### WHAT YOU ARE ASKED TO DO
Across the data below, state how many lines hold "called", and reply with nothing but that number.

Stored data entries
*** Begin section ***

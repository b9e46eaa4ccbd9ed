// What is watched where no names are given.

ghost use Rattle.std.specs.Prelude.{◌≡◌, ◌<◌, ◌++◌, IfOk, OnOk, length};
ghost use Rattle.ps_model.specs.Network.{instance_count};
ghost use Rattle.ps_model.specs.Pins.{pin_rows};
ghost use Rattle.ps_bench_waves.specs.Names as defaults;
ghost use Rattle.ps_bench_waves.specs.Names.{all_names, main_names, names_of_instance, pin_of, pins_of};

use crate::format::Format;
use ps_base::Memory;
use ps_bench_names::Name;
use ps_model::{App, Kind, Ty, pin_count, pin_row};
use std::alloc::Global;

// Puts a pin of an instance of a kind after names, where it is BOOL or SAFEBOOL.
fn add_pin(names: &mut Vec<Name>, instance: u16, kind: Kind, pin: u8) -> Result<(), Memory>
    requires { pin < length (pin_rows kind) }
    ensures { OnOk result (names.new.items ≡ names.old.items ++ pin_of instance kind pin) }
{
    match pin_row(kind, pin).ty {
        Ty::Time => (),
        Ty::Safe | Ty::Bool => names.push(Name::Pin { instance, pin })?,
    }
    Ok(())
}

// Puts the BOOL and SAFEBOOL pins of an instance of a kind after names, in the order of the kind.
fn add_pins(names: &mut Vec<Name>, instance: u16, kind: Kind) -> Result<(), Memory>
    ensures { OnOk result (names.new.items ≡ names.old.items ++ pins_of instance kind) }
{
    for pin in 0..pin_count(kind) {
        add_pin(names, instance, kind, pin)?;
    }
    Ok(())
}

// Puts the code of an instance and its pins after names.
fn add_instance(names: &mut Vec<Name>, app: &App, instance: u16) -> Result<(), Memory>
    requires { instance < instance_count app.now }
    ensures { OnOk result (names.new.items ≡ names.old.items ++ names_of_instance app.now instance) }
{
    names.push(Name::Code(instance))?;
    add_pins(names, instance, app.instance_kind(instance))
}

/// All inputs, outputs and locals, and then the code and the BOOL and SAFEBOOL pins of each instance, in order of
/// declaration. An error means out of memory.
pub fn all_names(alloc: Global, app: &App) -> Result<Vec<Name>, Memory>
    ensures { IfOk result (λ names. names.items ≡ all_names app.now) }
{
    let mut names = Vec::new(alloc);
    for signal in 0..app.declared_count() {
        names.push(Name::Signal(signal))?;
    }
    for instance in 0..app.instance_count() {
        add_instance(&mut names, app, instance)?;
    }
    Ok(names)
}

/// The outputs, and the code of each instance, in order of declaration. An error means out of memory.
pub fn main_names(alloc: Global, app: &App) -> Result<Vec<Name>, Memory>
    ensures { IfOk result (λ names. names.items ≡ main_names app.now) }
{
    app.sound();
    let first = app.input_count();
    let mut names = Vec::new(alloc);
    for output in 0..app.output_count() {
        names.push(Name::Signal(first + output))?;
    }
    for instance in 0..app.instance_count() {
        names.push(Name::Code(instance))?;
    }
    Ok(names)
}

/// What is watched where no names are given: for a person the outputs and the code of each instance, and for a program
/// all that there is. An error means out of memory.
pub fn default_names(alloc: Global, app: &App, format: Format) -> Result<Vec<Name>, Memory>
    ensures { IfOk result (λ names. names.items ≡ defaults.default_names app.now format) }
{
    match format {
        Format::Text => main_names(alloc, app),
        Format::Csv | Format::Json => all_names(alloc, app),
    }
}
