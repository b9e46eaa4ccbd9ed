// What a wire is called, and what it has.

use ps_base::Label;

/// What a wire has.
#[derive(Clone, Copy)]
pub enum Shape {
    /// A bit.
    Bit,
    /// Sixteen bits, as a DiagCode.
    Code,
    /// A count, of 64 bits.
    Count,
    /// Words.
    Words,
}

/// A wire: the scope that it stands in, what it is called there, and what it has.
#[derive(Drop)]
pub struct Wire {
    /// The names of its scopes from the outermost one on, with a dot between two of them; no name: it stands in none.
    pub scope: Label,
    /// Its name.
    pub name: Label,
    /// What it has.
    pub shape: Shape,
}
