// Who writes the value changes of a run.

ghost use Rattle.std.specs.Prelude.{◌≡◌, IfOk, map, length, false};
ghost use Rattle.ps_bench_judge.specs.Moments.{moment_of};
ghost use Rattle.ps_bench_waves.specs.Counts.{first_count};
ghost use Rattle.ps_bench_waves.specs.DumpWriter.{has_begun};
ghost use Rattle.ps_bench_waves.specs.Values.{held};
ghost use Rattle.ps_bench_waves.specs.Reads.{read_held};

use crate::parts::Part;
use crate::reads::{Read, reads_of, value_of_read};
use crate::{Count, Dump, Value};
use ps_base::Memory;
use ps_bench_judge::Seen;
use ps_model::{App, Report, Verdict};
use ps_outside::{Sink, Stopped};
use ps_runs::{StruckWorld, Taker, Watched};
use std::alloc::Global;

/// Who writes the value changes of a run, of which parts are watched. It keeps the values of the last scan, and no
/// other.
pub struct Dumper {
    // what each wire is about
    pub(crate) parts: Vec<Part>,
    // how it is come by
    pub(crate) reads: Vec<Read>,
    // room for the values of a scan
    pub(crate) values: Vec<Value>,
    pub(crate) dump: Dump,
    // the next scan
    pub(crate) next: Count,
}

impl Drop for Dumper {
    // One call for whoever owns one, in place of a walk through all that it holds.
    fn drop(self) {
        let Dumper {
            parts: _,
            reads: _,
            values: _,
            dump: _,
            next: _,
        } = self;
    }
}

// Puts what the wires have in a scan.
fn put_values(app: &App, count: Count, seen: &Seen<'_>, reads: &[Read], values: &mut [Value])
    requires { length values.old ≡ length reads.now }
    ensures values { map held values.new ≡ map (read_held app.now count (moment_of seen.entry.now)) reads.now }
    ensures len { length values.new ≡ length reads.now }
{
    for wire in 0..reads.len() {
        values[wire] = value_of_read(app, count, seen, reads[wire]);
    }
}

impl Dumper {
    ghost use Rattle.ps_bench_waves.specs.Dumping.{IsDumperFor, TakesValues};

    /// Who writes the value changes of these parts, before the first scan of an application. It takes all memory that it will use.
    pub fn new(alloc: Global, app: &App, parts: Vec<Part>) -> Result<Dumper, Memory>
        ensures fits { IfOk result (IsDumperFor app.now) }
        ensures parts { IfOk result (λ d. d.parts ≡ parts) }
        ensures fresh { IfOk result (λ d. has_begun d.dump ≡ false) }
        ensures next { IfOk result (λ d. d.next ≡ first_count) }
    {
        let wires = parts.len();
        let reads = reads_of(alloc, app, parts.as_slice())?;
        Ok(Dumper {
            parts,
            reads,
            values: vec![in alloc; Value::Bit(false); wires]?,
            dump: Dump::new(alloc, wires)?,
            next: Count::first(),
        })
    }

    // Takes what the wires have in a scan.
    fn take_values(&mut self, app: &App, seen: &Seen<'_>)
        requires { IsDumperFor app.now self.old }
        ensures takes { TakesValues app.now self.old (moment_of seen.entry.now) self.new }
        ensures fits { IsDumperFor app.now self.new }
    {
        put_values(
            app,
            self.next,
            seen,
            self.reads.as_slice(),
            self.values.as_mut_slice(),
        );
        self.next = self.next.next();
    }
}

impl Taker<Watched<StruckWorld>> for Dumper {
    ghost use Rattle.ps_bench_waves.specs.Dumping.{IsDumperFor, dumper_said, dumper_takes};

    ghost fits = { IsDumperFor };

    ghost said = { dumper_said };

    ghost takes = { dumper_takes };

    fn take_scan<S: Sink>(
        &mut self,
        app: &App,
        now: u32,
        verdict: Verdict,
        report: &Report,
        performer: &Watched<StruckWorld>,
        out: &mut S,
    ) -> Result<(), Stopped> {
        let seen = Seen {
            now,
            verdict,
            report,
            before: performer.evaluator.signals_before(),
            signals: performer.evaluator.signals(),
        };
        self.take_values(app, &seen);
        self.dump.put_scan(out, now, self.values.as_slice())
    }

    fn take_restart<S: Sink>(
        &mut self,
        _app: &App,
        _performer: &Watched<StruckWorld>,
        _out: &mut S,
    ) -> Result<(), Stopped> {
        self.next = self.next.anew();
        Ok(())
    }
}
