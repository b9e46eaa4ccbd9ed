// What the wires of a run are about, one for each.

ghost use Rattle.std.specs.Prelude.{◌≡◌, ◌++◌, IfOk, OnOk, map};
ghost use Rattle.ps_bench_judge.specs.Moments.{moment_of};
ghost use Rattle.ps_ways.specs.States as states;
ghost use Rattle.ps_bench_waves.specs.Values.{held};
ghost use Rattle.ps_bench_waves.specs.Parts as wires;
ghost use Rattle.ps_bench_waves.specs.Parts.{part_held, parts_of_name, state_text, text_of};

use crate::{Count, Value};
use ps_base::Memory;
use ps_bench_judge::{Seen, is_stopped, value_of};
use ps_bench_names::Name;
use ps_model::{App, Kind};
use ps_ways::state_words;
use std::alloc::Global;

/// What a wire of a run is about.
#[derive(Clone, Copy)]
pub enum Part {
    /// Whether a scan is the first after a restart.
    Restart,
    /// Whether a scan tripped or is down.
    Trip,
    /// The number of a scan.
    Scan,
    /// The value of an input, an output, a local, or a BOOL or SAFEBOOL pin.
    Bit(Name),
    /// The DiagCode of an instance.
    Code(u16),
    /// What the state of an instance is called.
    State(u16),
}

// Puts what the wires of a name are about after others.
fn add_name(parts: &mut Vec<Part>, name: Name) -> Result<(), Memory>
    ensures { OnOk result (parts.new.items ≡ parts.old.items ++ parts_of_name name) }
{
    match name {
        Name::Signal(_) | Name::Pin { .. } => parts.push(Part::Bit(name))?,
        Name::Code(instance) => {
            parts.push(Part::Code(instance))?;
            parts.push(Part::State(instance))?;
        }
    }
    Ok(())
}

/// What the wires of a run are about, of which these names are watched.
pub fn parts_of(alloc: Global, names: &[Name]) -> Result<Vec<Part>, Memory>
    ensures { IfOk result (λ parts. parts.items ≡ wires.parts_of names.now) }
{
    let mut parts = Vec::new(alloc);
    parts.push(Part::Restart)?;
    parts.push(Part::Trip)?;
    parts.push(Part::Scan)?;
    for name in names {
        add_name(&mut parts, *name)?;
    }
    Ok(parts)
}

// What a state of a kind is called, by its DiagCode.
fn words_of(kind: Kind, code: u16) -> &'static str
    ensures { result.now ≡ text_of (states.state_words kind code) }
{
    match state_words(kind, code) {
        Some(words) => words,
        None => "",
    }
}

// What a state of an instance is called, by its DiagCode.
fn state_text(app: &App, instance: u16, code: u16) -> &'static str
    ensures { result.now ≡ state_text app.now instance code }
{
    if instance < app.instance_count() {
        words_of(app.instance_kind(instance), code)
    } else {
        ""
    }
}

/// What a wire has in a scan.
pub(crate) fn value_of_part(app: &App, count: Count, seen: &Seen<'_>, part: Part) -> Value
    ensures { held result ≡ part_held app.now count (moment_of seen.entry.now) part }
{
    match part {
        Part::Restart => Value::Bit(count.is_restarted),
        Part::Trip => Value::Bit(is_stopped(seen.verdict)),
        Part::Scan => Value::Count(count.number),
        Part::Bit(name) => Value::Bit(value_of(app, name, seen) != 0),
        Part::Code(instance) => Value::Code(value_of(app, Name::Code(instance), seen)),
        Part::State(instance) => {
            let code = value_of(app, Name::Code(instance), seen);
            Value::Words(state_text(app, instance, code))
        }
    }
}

*** End section ***

### RESPONSE AREA
5